On clean, unpainted concrete surfaces you don't have to use a primer, just two coats of the sealer. They specify either do one to two coats without primer on unpainted concrete, or to do one coat of ArmorSeal, Floor Plex 7100 primer and two topcoats of the ArmorSeal WB urethane. Personally, I always prefer a primer...but this is all per their own specifications.


----------



## Brushslingers (Jul 28, 2006)

If you get ground water every other year, you may want to check the Ph levels before even attempting to paint concrete, anything above 6 and you'll have to rethink your primer. However, sounds like AApaint has a good plan for residential.


----------



## AAPaint (Apr 18, 2005)

Yeah...I didn't even see the ground water part. I just read "no water in floors".


----------



## lmcgrew79 (Apr 25, 2005)

Like AA i says except used armour seal 1000 hs, stinks like hell, but a great epoxy product. Use armour seal 33 under as a primer sealer. We just finished a toyota dealership with it. Ive used it a few other times in chemical plants and power houses as half of my background is industrial painting.


----------



## Wilco (Jul 28, 2006)

Both are good products epoxy cost alot more money.


----------



## Sellncars (Nov 21, 2005)

Wilco said:


> Both are good products epoxy cost alot more money.


I bought some Epoxy Paint for the garage and it was expensive. I'm looking for something that will be a little better priced, our basement is larger then our garage. I would say probably 2 gallons of each maybe even 3 of the paint.


----------



## Brushslingers (Jul 28, 2006)

Sellncars said:


> I bought some Epoxy Paint for the garage and it was expensive. I'm looking for something that will be a little better priced, our basement is larger then our garage. I would say probably 2 gallons of each maybe even 3 of the paint.



Your probably looking for Drylok. It's a latex concrete decor paint that comes in colors, fairly durable.


----------



## lmcgrew79 (Apr 25, 2005)

Yes epoxy paint is expensive but it is a one time fix for your basement i would say. Unless of course you enjoy scraping up peel paint ever once in a while. For the armour seals we pay 57 a gallon, and coverage is somewhere from 200 to 350 sq ft. Actually its One part A to one Part B. So if your basement is around 3000 Sq Ft you looking at around $600.00. Not to bad IMO for something that is gonna last a long time.


----------



## Sellncars (Nov 21, 2005)

lmcgrew79 said:


> Yes epoxy paint is expensive but it is a one time fix for your basement i would say. Unless of course you enjoy scraping up peel paint ever once in a while. For the armour seals we pay 57 a gallon, and coverage is somewhere from 200 to 350 sq ft. Actually its One part A to one Part B. So if your basement is around 3000 Sq Ft you looking at around $600.00. Not to bad IMO for something that is gonna last a long time.

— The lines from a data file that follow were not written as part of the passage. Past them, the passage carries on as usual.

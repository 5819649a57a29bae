//! Reads a stream item by item as it comes, whatever its items are: the theory on which each command rests.
//!
//! - [`stop`]: [`Stop`], why a run stops, and [`tally`]: [`Tally`], what is counted of a stream;
//! - [`limits`]: how far a stream is followed, and what is refused;
//! - [`block`]: [`Block`], which gathers bytes and lines on their way to a sink ([`Line`]), many at once by [`groups`],
//!   with the ends of fragments among them ([`fragment_end`]: [`FragmentEnd`]);
//! - [`buffered_box`]: [`BufferedBox`], a box in claimed memory while it comes;
//! - [`header_bytes`]: [`next_header`], which reads a header as its bytes come (`specs/HeaderBytes.antt`), and
//!   [`body`]: the bodies after headers ([`Body`]);
//! - [`machine`]: [`Machine`], which takes the bytes of a stream as they come, and [`feed`], which feeds it the next
//!   input;
//! - [`fed_machine`]: [`FedMachine`], which keeps one between two inputs, and [`run`]: [`read_stream`], which feeds one
//!   a whole stream.
//!
//! The definitions: `specs/Readings.antt` (how some bytes are read, item by item), `specs/Bodies.antt` (a body with
//! effects as it comes), `specs/Buffering.antt` (a box that is buffered until it is whole), `specs/Inputs.antt` (a
//! machine that is fed the stream in inputs), with `specs/Accounts.antt` (how it changes a ledger) and
//! `specs/Blocks.antt` (text that goes through a block) and `specs/Fed.antt` (the same for the bytes so far),
//! `specs/FedMachines.antt` (what is kept between two inputs, and what a call does that feeds the next),
//! `specs/StreamRuns.antt` (a run over a whole stream) with `specs/Ends.antt` (its source and sink), and
//! `specs/Puts.antt` (calls that put text into a block). Within a machine `specs/Steps.antt` describes one step, and
//! `specs/Continuations.antt` what all machines have in common. They name no command: a command says what is at the
//! front of some bytes, and its machine meets the clauses of [`Machine`].
#![tactic(auto)]

pub mod block;
pub mod body;
pub mod buffered_box;
pub mod fed_machine;
pub mod fragment_end;
pub mod groups;
pub mod header_bytes;
pub mod limits;
pub mod machine;
pub mod run;
pub mod stop;
pub mod tally;

pub use block::{BLOCK_BYTES, Block, LINE_BYTES, Line};
pub use body::{AnyBody, Body, Extent, body_of, truncated};
pub use buffered_box::BufferedBox;
pub use fed_machine::FedMachine;
pub use fragment_end::FragmentEnd;
pub use groups::GROUP_BYTES;
pub use header_bytes::{HeaderBytes, HeaderStatus, next_header};
pub use limits::{LONGEST, at_fault, is_too_long};
pub use machine::{Machine, feed};
pub use run::read_stream;
pub use stop::Stop;
pub use tally::Tally;
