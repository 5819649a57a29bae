//! Bodies of boxes, taken as their bytes come.

ghost use Rattle.std.specs.Prelude.{◌≡◌, ◌+◌, ◌-◌, ◌<◌, ◌≤◌, length, min, Some, IfSome, IfNone, IfOk, IfErr, OnErr, OnOk};
ghost use Rattle.mp4_box.specs.Headers.{HasRoom};
ghost use Rattle.mp4_box.specs.declared.rules.Rule.TheVariants.{StreamTooLong, Truncated};
ghost use Rattle.mp4_machine.specs.Bodies.{HasMore, IsBodyOf, IsOpen, IsShort, after_bytes, fault, latest_end, least_end, longest};
ghost use Rattle.mp4_machine.specs.declared.body.Extent.TheVariants as extents;

use crate::limits::{LONGEST, at_fault};
use crate::stop::Stop;
use mp4_box::{Fault, FourCc, Header, Rule, Size};

/// How far a body goes.
#[derive(Clone, Copy)]
pub enum Extent {
    /// As far as its box states: the next box begins at `next`.
    Sized { next: u64 },
    /// To the end of the stream: at least `needed` bytes must come.
    Open { needed: u64 },
}

/// The body of the box at `at`, of which `left` bytes are to come; if it goes to the end of the stream, at most so
/// many.
#[derive(Clone, Copy)]
pub struct Body {
    pub at: u64,
    pub kind: FourCc,
    pub left: u64,
    pub extent: Extent,
}

/// The body of a box, by its size.
#[derive(Clone, Copy)]
pub enum AnyBody {
    /// No bytes: the next box begins at `next`.
    Empty { next: u64 },
    /// Bytes that are to come.
    Bytes(Body),
}

/// The body after the header of the box at `at`. If it goes to the end of the stream, `needed` bytes of it must come.
#[inline(always)]
pub fn body_of(at: u64, header: &Header, needed: u64) -> AnyBody
    requires room { HasRoom header.now.size header.now.header_len }
    requires end { least_end at header.now header.now.size ≤ longest }
    ensures { IsBodyOf at header.now needed result }
{
    match header.size {
        Size::Exact(size) => {
            let next = at + size;
            if size == header.header_len {
                return AnyBody::Empty { next };
            }
            AnyBody::Bytes(Body {
                at,
                kind: header.kind,
                left: size - header.header_len,
                extent: Extent::Sized { next },
            })
        }
        Size::ToEnd => AnyBody::Bytes(Body {
            at,
            kind: header.kind,
            left: LONGEST - (at + header.header_len),
            extent: Extent::Open { needed },
        }),
    }
}

impl Body {
    /// The stream offset of its next byte.
    #[inline(always)]
    pub fn reached(&self) -> u64
        requires { self.now.left ≤ latest_end self.now.extent }
        ensures { result ≡ latest_end self.now.extent - self.now.left }
    {
        let end = match self.extent {
            Extent::Sized { next } => next,
            Extent::Open { needed: _ } => LONGEST,
        };
        end - self.left
    }

    /// Passes over so many of its bytes.
    #[inline(always)]
    pub fn pass(&mut self, count: u64)
        requires { count ≤ self.old.left }
        ensures { self.new ≡ after_bytes count self.old }
    {
        self.left -= count;
        match &mut self.extent {
            Extent::Sized { next: _ } => {}
            Extent::Open { needed } => *needed = needed.saturating_sub(count),
        }
    }

    /// Takes the bytes at the front of the input that belong to the body. Returns how many.
    ///
    /// # Errors
    ///
    /// `Stream` where the body goes too far.
    #[inline(always)]
    pub fn take(&mut self, input: &[u8]) -> Result<usize, Stop>
        ensures taken { IfOk result (λ n. n ≡ min self.old.left (length input.now)) }
        ensures left { IfOk result (λ n. self.new ≡ after_bytes n self.old) }
        ensures all { OnOk result (IsOpen self.old.extent → length input.now ≤ self.old.left) }
        ensures far { OnErr result (self.old.left < length input.now) }
        ensures open { OnErr result (IsOpen self.old.extent) }
        ensures err { IfErr result (λ e. e ≡
            Stop.Stream (fault StreamTooLong (Some self.old.kind) self.old.at)) }
    {
        let len = input.len() as u64;
        if len > self.left {
            if let Extent::Open { needed: _ } = self.extent {
                return Err(self.too_far());
            }
        }
        let count = self.left.min(len);
        self.pass(count);
        Ok(count as usize)
    }

    /// A refusal of the box, whose body goes too far.
    pub fn too_far(&self) -> Stop
        ensures { result ≡ Stop.Stream (fault StreamTooLong (Some self.now.kind) self.now.at) }
    {
        at_fault(Rule::StreamTooLong, Some(self.kind), self.at)
    }

    /// Where the next box begins, if all bytes of the body came.
    #[inline(always)]
    pub fn next(&self) -> Option<u64>
        ensures some { IfSome result (λ next. (self.now.left ≡ 0) × (self.now.extent ≡ extents.Sized next)) }
        ensures none { IfNone result (HasMore self.now.left self.now.extent) }
    {
        match self.extent {
            Extent::Sized { next } => {
                if self.left > 0 {
                    return None;
                }
                Some(next)
            }
            Extent::Open { needed: _ } => None,
        }
    }

    /// What the end of the stream means within it.
    ///
    /// # Errors
    ///
    /// `Truncated` where more bytes of it are needed.
    pub fn end(&self) -> Result<(), Fault>
        ensures ok { OnOk result (self.now.extent ≡ extents.Open 0) }
        ensures some { OnErr result (IsShort self.now.extent) }
        ensures err { IfErr result (λ f. f ≡ fault Truncated (Some self.now.kind) self.now.at) }
    {
        match self.extent {
            Extent::Sized { next: _ } => Err(truncated(Some(self.kind), self.at)),
            Extent::Open { needed } => {
                if needed == 0 {
                    return Ok(());
                }
                Err(truncated(Some(self.kind), self.at))
            }
        }
    }
}

/// The stream ended in the box at `at`.
pub fn truncated(kind: Option<FourCc>, at: u64) -> Fault
    ensures { result ≡ fault Truncated kind at }
{
    Fault {
        rule: Rule::Truncated,
        kind,
        offset: at,
    }
}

No i hate scraping paint. I 'm gonna do this one time and that's it. I would rather carpet the basement again, but once again, the old lady win's. I hate losing to a woman, but she has that special thing that we men don't. So i guess it will have to be an epoxy. What are some other good Epoxy brands out there?


----------



## SSP1 (Jul 25, 2006)

Sellncars said:


> No i hate scraping paint. I 'm gonna do this one time and that's it. I would rather carpet the basement again, but once again, the old lady win's. I hate losing to a woman, but she has that special thing that we men don't. So i guess it will have to be an epoxy. What are some other good Epoxy brands out there?


I do alot of epoxy and anti-slip coatings and there are a few things to keep in mind 

Vapor Barrier under the concrete.........(probably not in a residential basement) Good question for the GC and typically there isn't one which only leaves you with a waterborne products which I believe some manufactures say the product will allow vapor transmission

Prep........... Preferred method "Shot Blast or Bead Blast" whichever term you prefer you must remove the "Clear Coat" and create a "profile"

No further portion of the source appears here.